[Opening Available data section]

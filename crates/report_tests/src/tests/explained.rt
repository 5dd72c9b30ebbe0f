use oim_explain::{Format, Input, SheetNames, explain, explain_sheet};
use oim_report::Sheet;
use std::alloc::AllocError;
use std::test::Fail;
use test_helpers::asked_again::{OPEN_INFO, joined, may_repeat, read_sheet};

// Tests the sentences about faults. If memory is refused, a call is repeated once.

const SHEET: &str =
    r#"{"namespaces":{"eg":"http://example.org/t"},"concepts":{"eg:A":"numeric","eg:T":"text","eg:Q":"name"},"dimensions":{"eg:Reg":"explicit","eg:Sku":"typed"}}"#;

// The beginning of a report, up to its facts. The report allows consistent duplicates.
const START: &str =
    r#"{"documentInfo":{"documentType":"https://xbrl.org/2021/xbrl-json","namespaces":{"eg":"http://example.org/t","x":"http://example.org/u","zz":"http://example.org/t","xbrl":"https://xbrl.org/2021"},"features":{"xbrl:allowedDuplicates":"consistent"}},"facts":{"#;

// A sheet and a report whose namespaces differ only after 80 characters.
const LONG_SHEET: &str =
    r#"{"namespaces":{"eg":"http://filer.example/0123456789012345678901234567890123456789012345678901234567890123456789/2023"},"concepts":{"eg:A":"numeric"}}"#;

const LONG_REPORT: &[u8] =
    br#"{"documentInfo":{"documentType":"https://xbrl.org/2021/xbrl-json","namespaces":{"eg":"http://filer.example/0123456789012345678901234567890123456789012345678901234567890123456789/2024"}},"facts":{"a":{"value":"1","dimensions":{"concept":"eg:A"}}}}"#;

const LONG_TOLD: &str =
    "r: fact \"a\": 16 UnknownConcept: the concept \"eg:A\" is not in the sheet; in the report it is {..mple/0123456789012345678901234567890123456789012345678901234567890123456789/2024}A, the sheet has {..mple/0123456789012345678901234567890123456789012345678901234567890123456789/2023}A\n";

struct Table<'t> {
    start: &'t str,
    rows: &'t [(&'t str, &'t str)],
    end: &'t str,
}

const TEN: &str =
    r#""f01":{"value":"1","note":"restated","dimensions":{"concept":"eg:A"}},"f02":{"value":"1","dimensions":{"concept":"eg:A","entity":"lei:5299"}},"f03":{"value":"1","dimensions":{"period":"2024-01-01T00:00:00"}},"f04":{"value":"1","dimensions":{"concept":"eg:Sales"}},"f05":{"value":"1","dimensions":{"concept":"eg:A","eg:Axis":"eg:B"}},"f06":{"value":"1","dimensions":{"concept":"eg:A","period":"2024-12-31"}},"f07":{"value":"1","dimensions":{"concept":"eg:A","unit":"EUR"}},"f08":{"value":12,"dimensions":{"concept":"eg:A"}},"f09":{"value":"1,000","dimensions":{"concept":"eg:A"}},"f10":{"value":"1","decimals":20,"dimensions":{"concept":"eg:A"}}"#;

const TOLD: &str = "r: fact \"f01\": 3 UnknownMember: the format has no member \"note\"
r: fact \"f02\": 13 UnboundPrefix: the prefix of \"lei:5299\" is not bound
r: fact \"f03\": 15 MissingConcept: the fact has no \"concept\" in \"dimensions\"
r: fact \"f04\": 16 UnknownConcept: the concept \"eg:Sales\" is not in the sheet
r: fact \"f05\": 17 UnknownDimension: the dimension \"eg:Axis\" is not in the sheet
r: fact \"f06\": 19 PeriodForm: the period \"2024-12-31\" is neither a date and time such as 2024-12-31T00:00:00, without zone or fraction, nor two of these with / between them
r: fact \"f07\": 12 NameForm: \"EUR\" is not a name such as prefix:local, without white space or a second colon
r: fact \"f08\": 25 ValueForm: the value 12 is neither a string nor null; numbers need quotes
r: fact \"f09\": 26 NumberForm: the value \"1,000\" is not a plain number such as -1234.5, without exponent, thousands separator or white space; in the sheet, the concept is numeric
r: fact \"f10\": 29 DecimalsRange: the decimals value 20 is not from -18 to 18
";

[Closing Available data section]

* [Task description]:
All lines above containing the string "concepts": copy each one.

* [Response area]:
    r#"{"namespaces":{"eg":"http://example.org/t"},"concepts":{"eg:A":"numeric","eg:T":"text","eg:Q":"name"},"dimensions":{"eg:Reg":"explicit","eg:Sku":"typed"}}"#;
    r#"{"namespaces":{"eg":"http://filer.example/0123456789012345678901234567890123456789012345678901234567890123456789/2023"},"concepts":{"eg:A":"numeric"}}"#;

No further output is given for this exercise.